Work required:
Return the following from the records below: each line, word for word, starting with the line that contains "them in order." and going on through the line that contains "pub fn passed(&self) -> usize", with nothing outside that range.

### Data listing

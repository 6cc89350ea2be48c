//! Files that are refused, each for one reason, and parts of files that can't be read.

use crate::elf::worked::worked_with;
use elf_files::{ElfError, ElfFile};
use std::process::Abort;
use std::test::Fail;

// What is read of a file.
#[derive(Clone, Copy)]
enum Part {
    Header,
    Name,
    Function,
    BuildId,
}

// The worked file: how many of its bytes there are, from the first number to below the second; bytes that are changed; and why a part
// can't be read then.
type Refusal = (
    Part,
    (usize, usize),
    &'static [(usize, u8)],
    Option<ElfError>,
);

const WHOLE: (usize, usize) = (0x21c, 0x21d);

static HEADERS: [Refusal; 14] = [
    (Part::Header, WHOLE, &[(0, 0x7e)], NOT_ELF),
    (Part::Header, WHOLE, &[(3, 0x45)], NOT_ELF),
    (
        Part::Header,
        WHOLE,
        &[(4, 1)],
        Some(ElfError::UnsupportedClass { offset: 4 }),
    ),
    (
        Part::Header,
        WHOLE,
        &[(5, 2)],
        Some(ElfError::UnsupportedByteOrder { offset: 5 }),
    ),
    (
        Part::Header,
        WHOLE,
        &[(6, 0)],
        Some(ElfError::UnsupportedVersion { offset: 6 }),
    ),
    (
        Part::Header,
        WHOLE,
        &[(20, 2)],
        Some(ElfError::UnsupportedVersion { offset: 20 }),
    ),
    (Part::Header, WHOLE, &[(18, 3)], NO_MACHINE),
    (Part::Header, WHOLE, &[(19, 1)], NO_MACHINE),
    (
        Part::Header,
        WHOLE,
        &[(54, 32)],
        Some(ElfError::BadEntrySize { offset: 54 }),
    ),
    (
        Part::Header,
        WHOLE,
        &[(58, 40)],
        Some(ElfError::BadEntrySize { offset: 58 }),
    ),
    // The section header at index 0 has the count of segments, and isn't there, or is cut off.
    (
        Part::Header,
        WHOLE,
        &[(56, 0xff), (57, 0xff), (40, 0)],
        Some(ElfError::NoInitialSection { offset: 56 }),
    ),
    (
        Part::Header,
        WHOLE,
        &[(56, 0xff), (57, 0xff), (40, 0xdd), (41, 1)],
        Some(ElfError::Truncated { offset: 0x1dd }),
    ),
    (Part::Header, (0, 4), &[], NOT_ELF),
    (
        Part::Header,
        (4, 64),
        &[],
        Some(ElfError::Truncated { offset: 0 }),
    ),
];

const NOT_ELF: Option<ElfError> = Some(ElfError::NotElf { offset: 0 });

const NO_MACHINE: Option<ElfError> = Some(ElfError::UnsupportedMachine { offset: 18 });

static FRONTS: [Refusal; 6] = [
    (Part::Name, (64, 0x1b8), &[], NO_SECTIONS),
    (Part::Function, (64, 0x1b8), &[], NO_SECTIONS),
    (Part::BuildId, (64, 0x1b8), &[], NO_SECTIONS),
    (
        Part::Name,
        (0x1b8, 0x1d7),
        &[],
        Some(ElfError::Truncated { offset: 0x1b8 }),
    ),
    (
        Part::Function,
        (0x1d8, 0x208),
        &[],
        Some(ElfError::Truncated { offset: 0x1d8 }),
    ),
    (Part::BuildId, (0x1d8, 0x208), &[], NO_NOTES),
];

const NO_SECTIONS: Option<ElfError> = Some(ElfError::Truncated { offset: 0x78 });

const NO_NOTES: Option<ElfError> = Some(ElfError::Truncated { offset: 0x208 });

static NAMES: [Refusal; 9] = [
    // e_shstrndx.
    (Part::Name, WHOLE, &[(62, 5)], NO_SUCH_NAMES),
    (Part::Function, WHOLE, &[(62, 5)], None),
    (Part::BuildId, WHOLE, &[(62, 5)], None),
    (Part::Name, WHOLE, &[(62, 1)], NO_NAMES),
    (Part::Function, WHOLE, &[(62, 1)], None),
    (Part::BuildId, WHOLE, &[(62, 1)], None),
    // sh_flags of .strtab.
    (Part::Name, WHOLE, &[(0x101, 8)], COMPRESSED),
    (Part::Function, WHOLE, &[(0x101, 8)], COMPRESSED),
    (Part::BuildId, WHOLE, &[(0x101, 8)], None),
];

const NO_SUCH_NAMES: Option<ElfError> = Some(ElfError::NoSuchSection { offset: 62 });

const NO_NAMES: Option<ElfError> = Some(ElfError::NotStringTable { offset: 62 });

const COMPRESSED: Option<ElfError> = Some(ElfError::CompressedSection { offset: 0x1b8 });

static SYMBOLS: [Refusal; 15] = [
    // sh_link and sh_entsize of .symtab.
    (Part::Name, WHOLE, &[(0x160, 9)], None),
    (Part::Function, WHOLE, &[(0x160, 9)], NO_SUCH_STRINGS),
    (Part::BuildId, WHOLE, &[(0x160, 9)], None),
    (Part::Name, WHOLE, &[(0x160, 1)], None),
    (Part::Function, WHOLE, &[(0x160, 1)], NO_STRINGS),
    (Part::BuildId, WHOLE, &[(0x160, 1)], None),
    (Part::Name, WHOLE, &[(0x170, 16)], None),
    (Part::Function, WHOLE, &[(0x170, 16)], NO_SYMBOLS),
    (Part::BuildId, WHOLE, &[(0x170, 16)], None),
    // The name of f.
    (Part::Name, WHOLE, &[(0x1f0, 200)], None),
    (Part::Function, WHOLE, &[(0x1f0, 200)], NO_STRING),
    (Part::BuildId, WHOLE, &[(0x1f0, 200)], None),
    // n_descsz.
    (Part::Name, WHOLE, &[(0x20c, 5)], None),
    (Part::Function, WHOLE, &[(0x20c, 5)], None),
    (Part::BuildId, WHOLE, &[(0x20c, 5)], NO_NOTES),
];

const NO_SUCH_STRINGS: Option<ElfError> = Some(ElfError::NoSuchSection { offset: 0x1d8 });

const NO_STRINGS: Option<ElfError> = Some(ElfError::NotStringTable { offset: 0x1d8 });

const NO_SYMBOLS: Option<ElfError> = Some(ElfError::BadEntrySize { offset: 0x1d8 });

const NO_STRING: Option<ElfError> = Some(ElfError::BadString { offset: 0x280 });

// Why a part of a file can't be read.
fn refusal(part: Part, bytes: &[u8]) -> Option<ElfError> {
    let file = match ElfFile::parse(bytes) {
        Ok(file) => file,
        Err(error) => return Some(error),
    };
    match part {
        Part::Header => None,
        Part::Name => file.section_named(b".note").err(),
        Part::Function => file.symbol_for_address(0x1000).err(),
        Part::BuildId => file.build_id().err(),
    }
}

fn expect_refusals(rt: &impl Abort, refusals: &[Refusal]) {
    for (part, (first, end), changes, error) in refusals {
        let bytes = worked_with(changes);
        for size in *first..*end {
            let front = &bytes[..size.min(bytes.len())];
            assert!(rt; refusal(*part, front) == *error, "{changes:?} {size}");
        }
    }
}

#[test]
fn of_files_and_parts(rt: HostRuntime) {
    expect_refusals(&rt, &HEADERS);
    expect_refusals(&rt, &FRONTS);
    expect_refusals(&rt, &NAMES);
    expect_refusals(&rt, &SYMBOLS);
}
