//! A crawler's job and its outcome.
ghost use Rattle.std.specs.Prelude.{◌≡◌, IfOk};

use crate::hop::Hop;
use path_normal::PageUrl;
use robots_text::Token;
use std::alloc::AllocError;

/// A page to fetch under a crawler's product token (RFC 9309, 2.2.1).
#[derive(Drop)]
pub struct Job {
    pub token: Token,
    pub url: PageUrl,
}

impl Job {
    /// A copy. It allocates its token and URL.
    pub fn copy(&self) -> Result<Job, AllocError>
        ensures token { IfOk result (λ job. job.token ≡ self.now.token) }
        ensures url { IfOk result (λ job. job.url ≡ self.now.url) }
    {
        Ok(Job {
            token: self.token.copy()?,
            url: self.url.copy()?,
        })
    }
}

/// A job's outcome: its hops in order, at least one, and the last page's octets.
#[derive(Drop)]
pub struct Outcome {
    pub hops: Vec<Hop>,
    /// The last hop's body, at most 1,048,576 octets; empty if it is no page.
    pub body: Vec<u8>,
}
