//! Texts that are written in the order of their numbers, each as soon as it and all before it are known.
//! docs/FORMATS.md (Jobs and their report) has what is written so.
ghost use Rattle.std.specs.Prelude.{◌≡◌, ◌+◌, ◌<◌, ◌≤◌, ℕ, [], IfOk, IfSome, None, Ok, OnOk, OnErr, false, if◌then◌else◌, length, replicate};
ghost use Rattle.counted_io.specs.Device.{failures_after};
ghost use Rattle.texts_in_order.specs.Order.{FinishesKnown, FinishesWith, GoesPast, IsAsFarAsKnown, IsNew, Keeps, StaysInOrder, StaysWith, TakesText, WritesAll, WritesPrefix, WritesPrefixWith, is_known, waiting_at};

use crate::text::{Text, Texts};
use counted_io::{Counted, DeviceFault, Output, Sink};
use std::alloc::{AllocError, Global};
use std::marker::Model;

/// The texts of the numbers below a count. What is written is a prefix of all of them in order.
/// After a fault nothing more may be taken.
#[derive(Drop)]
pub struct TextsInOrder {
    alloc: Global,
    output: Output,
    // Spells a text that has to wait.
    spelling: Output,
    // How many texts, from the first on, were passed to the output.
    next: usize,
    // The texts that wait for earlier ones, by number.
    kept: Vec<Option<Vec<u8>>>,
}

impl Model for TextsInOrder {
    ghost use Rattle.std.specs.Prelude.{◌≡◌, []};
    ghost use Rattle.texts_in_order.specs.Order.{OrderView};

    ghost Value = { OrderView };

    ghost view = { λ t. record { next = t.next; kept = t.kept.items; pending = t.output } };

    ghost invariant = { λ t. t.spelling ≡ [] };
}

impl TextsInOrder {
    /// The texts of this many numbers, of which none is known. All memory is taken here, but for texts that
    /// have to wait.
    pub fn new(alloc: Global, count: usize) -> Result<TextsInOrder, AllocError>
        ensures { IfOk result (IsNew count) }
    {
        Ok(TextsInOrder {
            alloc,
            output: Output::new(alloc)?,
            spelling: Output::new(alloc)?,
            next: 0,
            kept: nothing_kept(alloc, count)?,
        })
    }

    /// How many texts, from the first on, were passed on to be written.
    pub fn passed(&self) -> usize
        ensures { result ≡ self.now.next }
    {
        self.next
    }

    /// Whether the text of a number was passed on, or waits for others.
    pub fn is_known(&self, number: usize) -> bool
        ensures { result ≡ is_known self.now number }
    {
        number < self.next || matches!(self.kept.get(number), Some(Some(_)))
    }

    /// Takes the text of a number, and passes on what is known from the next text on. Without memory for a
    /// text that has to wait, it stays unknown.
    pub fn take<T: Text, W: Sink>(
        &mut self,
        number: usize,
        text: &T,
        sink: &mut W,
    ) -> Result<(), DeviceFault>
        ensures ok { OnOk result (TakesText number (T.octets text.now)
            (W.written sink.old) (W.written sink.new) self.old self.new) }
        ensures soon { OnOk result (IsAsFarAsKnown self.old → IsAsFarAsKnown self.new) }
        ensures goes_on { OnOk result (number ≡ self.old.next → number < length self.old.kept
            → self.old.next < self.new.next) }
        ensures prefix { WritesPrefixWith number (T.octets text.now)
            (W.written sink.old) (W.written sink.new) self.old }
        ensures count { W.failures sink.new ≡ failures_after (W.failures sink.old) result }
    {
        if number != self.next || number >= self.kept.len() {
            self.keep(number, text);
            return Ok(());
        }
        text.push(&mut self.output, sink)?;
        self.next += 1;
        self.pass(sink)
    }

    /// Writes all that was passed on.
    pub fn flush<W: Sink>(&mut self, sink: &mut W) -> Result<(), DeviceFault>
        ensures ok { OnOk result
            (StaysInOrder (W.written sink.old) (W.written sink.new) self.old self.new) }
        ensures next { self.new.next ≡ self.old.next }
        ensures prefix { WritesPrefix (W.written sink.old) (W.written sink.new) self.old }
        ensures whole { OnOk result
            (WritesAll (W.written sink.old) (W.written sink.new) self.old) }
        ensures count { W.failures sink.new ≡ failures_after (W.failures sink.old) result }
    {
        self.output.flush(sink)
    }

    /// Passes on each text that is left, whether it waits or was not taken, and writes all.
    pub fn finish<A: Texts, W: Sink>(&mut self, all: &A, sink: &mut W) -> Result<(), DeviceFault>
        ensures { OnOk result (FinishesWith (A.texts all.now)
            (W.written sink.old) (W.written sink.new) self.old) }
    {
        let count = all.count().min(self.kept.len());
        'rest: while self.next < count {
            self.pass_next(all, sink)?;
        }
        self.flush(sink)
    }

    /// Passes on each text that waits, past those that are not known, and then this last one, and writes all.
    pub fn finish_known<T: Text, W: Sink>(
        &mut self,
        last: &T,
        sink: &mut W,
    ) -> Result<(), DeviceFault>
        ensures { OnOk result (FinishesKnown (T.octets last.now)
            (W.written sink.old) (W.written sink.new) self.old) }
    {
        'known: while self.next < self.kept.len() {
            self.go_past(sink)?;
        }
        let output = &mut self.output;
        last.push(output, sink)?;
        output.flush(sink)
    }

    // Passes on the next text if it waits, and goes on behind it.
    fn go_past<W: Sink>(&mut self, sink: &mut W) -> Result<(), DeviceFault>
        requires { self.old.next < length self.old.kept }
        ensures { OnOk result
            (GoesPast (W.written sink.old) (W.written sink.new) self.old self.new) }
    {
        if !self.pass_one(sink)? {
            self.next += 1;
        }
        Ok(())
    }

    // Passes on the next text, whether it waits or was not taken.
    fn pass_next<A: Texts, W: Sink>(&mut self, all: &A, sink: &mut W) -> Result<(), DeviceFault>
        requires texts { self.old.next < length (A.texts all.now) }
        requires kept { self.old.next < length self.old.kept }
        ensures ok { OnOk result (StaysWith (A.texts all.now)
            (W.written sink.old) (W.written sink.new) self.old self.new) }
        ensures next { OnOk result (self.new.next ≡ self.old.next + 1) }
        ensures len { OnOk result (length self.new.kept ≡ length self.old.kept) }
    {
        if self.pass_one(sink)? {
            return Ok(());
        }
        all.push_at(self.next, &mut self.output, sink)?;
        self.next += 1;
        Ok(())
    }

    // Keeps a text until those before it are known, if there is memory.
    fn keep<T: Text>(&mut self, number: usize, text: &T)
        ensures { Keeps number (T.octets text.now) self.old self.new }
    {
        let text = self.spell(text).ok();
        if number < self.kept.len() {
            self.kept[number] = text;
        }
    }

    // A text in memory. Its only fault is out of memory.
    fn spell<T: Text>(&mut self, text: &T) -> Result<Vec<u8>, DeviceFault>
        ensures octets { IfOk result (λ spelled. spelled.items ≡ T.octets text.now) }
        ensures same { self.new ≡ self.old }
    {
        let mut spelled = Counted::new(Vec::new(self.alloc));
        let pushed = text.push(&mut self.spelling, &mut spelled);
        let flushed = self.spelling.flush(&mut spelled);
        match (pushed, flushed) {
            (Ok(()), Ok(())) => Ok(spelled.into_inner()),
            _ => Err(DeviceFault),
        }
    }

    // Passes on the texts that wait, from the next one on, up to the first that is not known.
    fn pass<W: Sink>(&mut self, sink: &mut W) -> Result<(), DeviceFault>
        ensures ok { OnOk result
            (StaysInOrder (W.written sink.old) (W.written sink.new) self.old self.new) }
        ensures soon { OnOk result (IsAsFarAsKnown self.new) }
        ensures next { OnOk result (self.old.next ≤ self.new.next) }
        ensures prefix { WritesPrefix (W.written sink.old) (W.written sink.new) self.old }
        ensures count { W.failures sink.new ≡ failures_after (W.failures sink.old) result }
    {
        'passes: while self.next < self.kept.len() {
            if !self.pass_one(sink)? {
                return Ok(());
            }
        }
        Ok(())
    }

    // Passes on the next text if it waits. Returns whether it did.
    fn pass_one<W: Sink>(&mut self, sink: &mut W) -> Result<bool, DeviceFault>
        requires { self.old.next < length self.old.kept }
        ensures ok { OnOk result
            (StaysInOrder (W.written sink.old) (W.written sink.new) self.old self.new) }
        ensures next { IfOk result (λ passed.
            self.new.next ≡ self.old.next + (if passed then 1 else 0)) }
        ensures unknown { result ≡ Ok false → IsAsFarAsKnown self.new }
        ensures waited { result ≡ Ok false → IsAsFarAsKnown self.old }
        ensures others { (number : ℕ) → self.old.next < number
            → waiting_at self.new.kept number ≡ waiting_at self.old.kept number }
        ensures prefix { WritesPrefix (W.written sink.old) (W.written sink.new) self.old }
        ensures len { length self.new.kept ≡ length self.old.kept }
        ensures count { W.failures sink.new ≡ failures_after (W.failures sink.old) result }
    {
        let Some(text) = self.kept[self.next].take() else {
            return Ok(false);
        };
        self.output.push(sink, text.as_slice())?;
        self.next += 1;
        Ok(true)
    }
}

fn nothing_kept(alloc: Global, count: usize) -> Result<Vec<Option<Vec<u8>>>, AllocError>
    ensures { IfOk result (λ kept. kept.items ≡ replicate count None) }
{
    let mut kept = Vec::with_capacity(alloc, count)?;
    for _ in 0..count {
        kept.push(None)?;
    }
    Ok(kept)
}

######

Response:
/// The texts of the numbers below a count. What is written is a prefix of all of them in order.
/// After a fault nothing more may be taken.
#[derive(Drop)]
pub struct TextsInOrder {
    alloc: Global,
    output: Output,
    // Spells a text that has to wait.
    spelling: Output,
    // How many texts, from the first on, were passed to the output.
    next: usize,
    // The texts that wait for earlier ones, by number.
    kept: Vec<Option<Vec<u8>>>,
}

impl Model for TextsInOrder {
    ghost use Rattle.std.specs.Prelude.{◌≡◌, []};
    ghost use Rattle.texts_in_order.specs.Order.{OrderView};

    ghost Value = { OrderView };

    ghost view = { λ t. record { next = t.next; kept = t.kept.items; pending = t.output } };

    ghost invariant = { λ t. t.spelling ≡ [] };
}

impl TextsInOrder {
    /// The texts of this many numbers, of which none is known. All memory is taken here, but for texts that
    /// have to wait.
    pub fn new(alloc: Global, count: usize) -> Result<TextsInOrder, AllocError>
        ensures { IfOk result (IsNew count) }
    {
        Ok(TextsInOrder {
            alloc,
            output: Output::new(alloc)?,
            spelling: Output::new(alloc)?,
            next: 0,
            kept: nothing_kept(alloc, count)?,
        })
    }

    /// How many texts, from the first on, were passed on to be written.
    pub fn passed(&self) -> usize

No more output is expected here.